The shareholders of a company appreciate managers who have the ability to reduce the effective tax rate and reward them according to the level of tax burden reduction (Bauman and Schadewald, 2001). According to corporate governance, the new corporate governance code issued to the US in 2013 (see in Appendix) is comprised of the provision according to which the managers remuneration should be paid depending on a package of financial performance indicators which reflect the long-term strategy. Another principle which is added to this idea is the one that says that through remuneration it should be noted if there is new value in company. Haldane (2011) recalls the concept of “myopia loop” materialized through decisions of managers of US banks which lacked long-term positive effects. For the granting of remuneration, the main element was focused on ROE indicator that can be manipulated in financial terms – accounting. Haldane said that by 2007, the CEO remunerations of the largest US banks had become 500 times bigger. The spectacular growth was not due to the corporate governance but due to the lack of importance accorded to it. US Corporate Governance Code published in 2012 requires that managers be paid in accordance with the performance achieved by the company without exceeding more than 1 million dollars, and in that way being efficient from a tax perspective. CEO’s remuneration in the context of effective corporate tax rate was studied by Phillips (2003), which analyzed the effectiveness of tax planning on it. Empirical evidence obtained by Phillips (2003) shows that if business unit manager is rewarded depending on financial performance after tax, through the effective tax rate management, it reduces it. The results do not support a link between CEO’s remuneration, according to the recorded performance after applying the statutory tax rate, and the effective tax rate reduction, but in that they establish the business-unit manager remuneration, they have an indirect role in this reduction. However, it does not mean that the CEO is not concerned with the results after applying taxation. By the nature of the job they are dealing with the company, they have to achieve this task.
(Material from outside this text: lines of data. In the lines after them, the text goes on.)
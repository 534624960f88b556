//! Names of files as a person can read them.

use std::alloc::{AllocError, Global};

/// A name whose control characters are written as `\x` and two hexadecimal digits, so that no name makes a line of its own.
pub(crate) fn readable(alloc: Global, name: &str) -> Result<String, AllocError> {
    let mut readable = String::new(alloc);
    for each in name.chars() {
        if each.is_control() {
            let number = u32::from(each);
            readable.push_str(&format!(in alloc; "\\x{number:02x}")?)?;
        } else {
            readable.push(each)?;
        }
    }
    Ok(readable)
}
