//! What a program says to a person on standard error, beside what `run` writes: why a file, a stream or a link failed, and how
//! the sends to an address stand. Nothing of it is in a contract.
//!
//! It builds on the standard library alone, and on `jiff_core` for a moment's date. It is used by `drm_adapt`, whose links,
//! files and streams have the reasons, and by the programs' `main`.
//!
//! What is wrong with words that are refused is found by `cli_mistakes`.
//!
//! Begin with `Edge` (`src/edge.rt`); which refusals of the system are lost datagrams and which are faults is in
//! `src/sends.rt`. There is no `specs/`.
#![tactic(auto)]

mod edge;
mod names;
mod sends;

pub use edge::Edge;
pub use sends::{Acceptance, Sends};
The main aim of the present work is to identify quantitative approaches of effective tax rate for NASDAQ listed companies in the technology sector. Based on the models found in the literature, we have established the following empirical research hypotheses:
• Hypothesis 1 (H1): The existence of a positive correlation between the effective corporate tax rate and ROA (Gupta and Newberry, 1997; Lee and Swenson, 2012 )
• Hypothesis 2 (H2): The existence of a negative correlation between indebtedness and the effective corporate tax rate (Vintilă et al, 2012; Richarson and Lanis, 2007)
• Hypothesis 3 (H3): The existence of a positive correlation between capital intensity and the effective corporate tax rate (Buijnik and Janssen, 2000)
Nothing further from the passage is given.